Let’s drag our heels some more on getting this vaccine out there.
It's low supply versus high demand, with increases in the supply coming soon, factored also by a very poor distribution infrastructure in the infancy of the COVID-vaccination saga.
In the grand scheme of things how do league games matter more than non league?
Something to ask the leagues.
Screw the Convo...let’s hold districts at Walmart, zero spread there. Regionals at Kroger and State games...nah, cancel them bad boys as 20x more people are infected daily than when shut down last year.
I like the Convo -- the experience, the atmosphere and symbolism. I think everyone here does, just like its understood why there aren't going to be districts held there. Postseason games being played would be a success to anyone that wanted a season, right?

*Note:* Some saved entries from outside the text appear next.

//! Differences without partners are taken away until each that is left has one, or a set is empty.

ghost use Rattle.std.specs.Prelude.{◌≡◌, ℕ, ◌+◌, ◌-◌, ◌<◌, ◌≤◌, ◌≢◌, ◌⊎◌, length, true, false, All, Contains, [], IfOk, IfSome, IfNone, OnOk, Ok, Some, None, vec_len};
ghost use Rattle.pesp_problem.specs.declared.limits.TheConstants.{MOST_ROWS};
ghost use Rattle.pesp_problem.specs.Arcs.{arc_at, tail_of, head_of};
ghost use Rattle.pesp_domains.specs.Domains.{family_of, HaveSizes};
ghost use Rattle.pesp_network.specs.Chains.{AreChains};
ghost use Rattle.pesp_problem.specs.ArcLimits.{HaveEnds};
ghost use Rattle.pesp_domains.specs.declared.outcome.Outcome.{Outcome};
ghost use Rattle.pesp_domains.specs.Waiting.{waits_at, WaitingGrows, WaitingAreListed};
ghost use Rattle.pesp_domains.specs.Outcomes.{Shrinks, IsOutcome, LeavesSupported};
ghost use Rattle.pesp_domains.specs.Visits.{net_at, sets_at, RestIsSupported, VisitsRow, IsRowVisit, IsPass, IsEmptyAt};

use crate::domains::Domains;
use crate::outcome::Outcome;
use crate::waiting::Waiting;
use pesp_network::Chains;
use pesp_problem::{Arc, Memory};
use std::alloc::Global;
use std::mem;

/// Where the set of an event is another, the rows at it wait, but for the one that changed it; or the set is empty.
fn pass_on(
    domains: &Domains,
    arcs: &[Arc],
    chains: &Chains,
    waiting: &mut Waiting,
    changed: bool,
    event: u32,
    row: u32,
) -> Result<Option<u32>, Memory>
    requires event { event < domains.now.events }
    requires row { row < length arcs.now }
    requires count { length arcs.now ≤ MOST_ROWS }
    requires chains { AreChains arcs.now domains.now.events chains.now }
    requires long { vec_len waiting.old.flags ≡ length arcs.now }
    ensures empty { IfOk result
        (λ o. IfSome o (λ e. IsEmptyAt domains.now.period domains.now.events domains.now.words e)) }
    ensures grows { WaitingGrows waiting.old waiting.new }
    ensures woken { result ≡ Ok None → changed ≡ true → (k : ℕ) → 0 < k → k ≤ length arcs.now
        → (tail_of arcs.now k ≡ event) ⊎ (head_of arcs.now k ≡ event) → k ≢ row + 1
        → waits_at waiting.new (k - 1) ≡ true }
    ensures quiet { changed ≡ false → waiting.new.rows.items ≡ waiting.old.rows.items }
{
    if !changed {
        return Ok(None);
    }
    if domains.has_none(event) {
        return Ok(Some(event));
    }
    waiting.wake(arcs, chains, event, row + 1)?;
    Ok(None)
}

/// A row takes away what it does not support, and gives an event whose set is empty then.
fn visit(
    domains: &mut Domains,
    arcs: &[Arc],
    ranges: &[(u32, u32)],
    chains: &Chains,
    waiting: &mut Waiting,
    row: u32,
) -> Result<Option<u32>, Memory>
    requires row { row < length arcs.now }
    requires count { length arcs.now ≤ MOST_ROWS }
    requires ends { HaveEnds domains.old.events arcs.now }
    requires ranges { length ranges.now ≡ length arcs.now }
    requires chains { AreChains arcs.now domains.old.events chains.now }
    requires long { vec_len waiting.old.flags ≡ length arcs.now }
    ensures sizes { HaveSizes domains.old.period domains.old.events domains.new }
    ensures takes { VisitsRow domains.old.period arcs.now ranges.now row domains.old.words
        domains.new.words }
    ensures visit { IfOk result (IsRowVisit domains.old.period domains.old.events arcs.now row
        domains.old.words domains.new.words waiting.old waiting.new) }
{
    waiting.leave(row);
    let arc = arcs[row as usize];
    let range = ranges[row as usize];
    let changed = domains.revise(&arc, range);
    let at_tail = pass_on(domains, arcs, chains, waiting, changed.tail, arc.tail, row)?;
    if at_tail.is_some() {
        return Ok(at_tail);
    }
    pass_on(domains, arcs, chains, waiting, changed.head, arc.head, row)
}

/// The rows of a line are visited in order.
fn pass(
    domains: &mut Domains,
    arcs: &[Arc],
    ranges: &[(u32, u32)],
    chains: &Chains,
    waiting: &mut Waiting,
    line: &[u32],
) -> Result<Option<u32>, Memory>
    requires line { All (λ row. row < length arcs.now) line.now }
    requires count { length arcs.now ≤ MOST_ROWS }
    requires ends { HaveEnds domains.old.events arcs.now }
    requires ranges { length ranges.now ≡ length arcs.now }
    requires chains { AreChains arcs.now domains.old.events chains.now }
    requires long { vec_len waiting.old.flags ≡ length arcs.now }
    requires listed { (row : ℕ) → waits_at waiting.old row ≡ true → Contains line.now row }
    requires none { waiting.old.rows.items ≡ [] }
    ensures sizes { HaveSizes domains.old.period domains.old.events domains.new }
    ensures shrinks { Shrinks (net_at domains.old.period arcs.now) ranges.now
        (sets_at domains.old.period domains.old.words)
        (sets_at domains.old.period domains.new.words) }
    ensures pass { IfOk result (IsPass domains.old.period domains.old.events arcs.now ranges.now
        line.now domains.old.words domains.new.words waiting.old waiting.new) }
{
    for row in line {
        let empty = visit(domains, arcs, ranges, chains, waiting, *row)?;
        if empty.is_some() {
            return Ok(empty);
        }
    }
    Ok(None)
}

/// Whether some set is empty.
fn outcome_of(domains: &Domains) -> Outcome
    ensures { IsOutcome domains.now.events (family_of domains.now) result }
{
    for event in 0..domains.events() {
        if domains.has_none(event) {
            return Outcome::Empty { event };
        }
    }
    Outcome::Stable
}

/// Takes away differences without partners, row after row of those that wait, until no row waits or a visited row leaves a
/// set empty; gives that set's event.
pub fn visit_waiting(
    alloc: Global,
    domains: &mut Domains,
    arcs: &[Arc],
    ranges: &[(u32, u32)],
    chains: &Chains,
    mut waiting: Waiting,
) -> Result<Option<u32>, Memory>
    requires count { length arcs.now ≤ MOST_ROWS }
    requires ends { HaveEnds domains.old.events arcs.now }
    requires ranges { length ranges.now ≡ length arcs.now }
    requires chains { AreChains arcs.now domains.old.events chains.now }
    requires listed { WaitingAreListed (length arcs.now) waiting }
    ensures sizes { HaveSizes domains.old.period domains.old.events domains.new }
    ensures shrinks { Shrinks (net_at domains.old.period arcs.now) ranges.now
        (sets_at domains.old.period domains.old.words)
        (sets_at domains.old.period domains.new.words) }
    ensures empty { IfOk result
        (λ o. IfSome o (λ e. IsEmptyAt domains.old.period domains.old.events domains.new.words e)) }
    ensures supported { (outcome : Outcome) → RestIsSupported domains.old.period arcs.now ranges.now
        waiting domains.old.words → result ≡ Ok None
        → LeavesSupported (net_at domains.old.period arcs.now) ranges.now
        (sets_at domains.old.period domains.new.words) outcome }
{
    'passes: while !waiting.rows.is_empty() {
        let line = mem::replace(&mut waiting.rows, Vec::new(alloc));
        if let Some(event) = pass(domains, arcs, ranges, chains, &mut waiting, &line)? {
            return Ok(Some(event));
        }
    }
    Ok(None)
}

/// Takes away differences without partners, row after row of those that wait, until no row waits or a set is empty.
pub fn settle(
    alloc: Global,
    domains: &mut Domains,
    arcs: &[Arc],
    ranges: &[(u32, u32)],
    chains: &Chains,
    waiting: Waiting,
) -> Result<Outcome, Memory>
    requires count { length arcs.now ≤ MOST_ROWS }
    requires ends { HaveEnds domains.old.events arcs.now }
    requires ranges { length ranges.now ≡ length arcs.now }
    requires chains { AreChains arcs.now domains.old.events chains.now }
    requires listed { WaitingAreListed (length arcs.now) waiting }
    ensures sizes { HaveSizes domains.old.period domains.old.events domains.new }
    ensures shrinks { Shrinks (net_at domains.old.period arcs.now) ranges.now
        (sets_at domains.old.period domains.old.words)
        (sets_at domains.old.period domains.new.words) }
    ensures outcome { IfOk result
        (IsOutcome domains.old.events (sets_at domains.old.period domains.new.words)) }
    ensures supported { RestIsSupported domains.old.period arcs.now ranges.now waiting
        domains.old.words → IfOk result (LeavesSupported (net_at domains.old.period arcs.now)
        ranges.now (sets_at domains.old.period domains.new.words)) }
{
    match visit_waiting(alloc, domains, arcs, ranges, chains, waiting)? {
        Some(event) => Ok(Outcome::Empty { event }),
        None => Ok(outcome_of(domains)),
    }
}
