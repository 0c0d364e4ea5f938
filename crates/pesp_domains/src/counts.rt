//! How many differences each event has left.

use pesp_problem::Memory;
use std::alloc::Global;

/// How many events are a block.
pub const BLOCK: usize = 128;

/// A number for each event, and for each block of events whether a number of it was set since this was asked of it.
#[derive(Drop)]
pub(crate) struct Counts {
    numbers: Vec<u32>,
    changed: Vec<bool>,
}

impl Counts {
    /// These numbers, all of them new.
    pub(crate) fn of(alloc: Global, numbers: Vec<u32>) -> Result<Counts, Memory> {
        let changed = vec![in alloc; true; numbers.len() / BLOCK + 1]?;
        Ok(Counts { numbers, changed })
    }

    /// The number of an event, 0 where there is none.
    pub(crate) fn number(&self, event: u32) -> u32 {
        self.numbers.get(event as usize).copied().unwrap_or(0)
    }

    /// Sets the number of an event.
    pub(crate) fn set(&mut self, event: u32, number: u32) {
        if let Some(kept) = self.numbers.get_mut(event as usize) {
            *kept = number;
        }
        if let Some(is_new) = self.changed.get_mut(event as usize / BLOCK) {
            *is_new = true;
        }
    }

    /// Whether a number of a block was set since this was asked of it.
    pub(crate) fn take_change(&mut self, block: usize) -> bool {
        let Some(is_new) = self.changed.get_mut(block) else {
            return false;
        };
        let was_new = *is_new;
        *is_new = false;
        was_new
    }

    /// The same numbers once more, all of them new.
    pub(crate) fn copy(&self, alloc: Global) -> Result<Counts, Memory> {
        Counts::of(alloc, Vec::from_slice(alloc, &self.numbers)?)
    }

    /// Takes on other numbers, all of them new.
    pub(crate) fn copy_from(&mut self, other: &Counts) {
        let shared = self.numbers.len().min(other.numbers.len());
        self.numbers[..shared].copy_from_slice(&other.numbers[..shared]);
        self.changed.fill(true);
    }
}
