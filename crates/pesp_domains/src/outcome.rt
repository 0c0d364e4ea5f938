//! What propagation tells.

/// Sets that all rows support and of which none is empty, or an event that has no possible difference left.
#[derive(Clone, Copy, PartialEq, Eq)]
pub enum Outcome {
    Stable,
    Empty { event: u32 },
}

State games will be played
somewhere.
22nd game? Why’d they risk 12...or even 2?
I'm not following this. Whether the "extra" game, such as an impromptu scheduling, before the tournament is the 22nd or 21st (or whatever integer) game for a given team isn't the discussion. If its a game that could otherwise be done without, then its a game that could be done without. But that's of course for the coaches and athletic department to decide. To the point bman and barlowbandit were making: there is the fact that playing another game could put you into quarantining problems right before the game. It's not an absolute. It's not an automatic. It's just a matter of risk.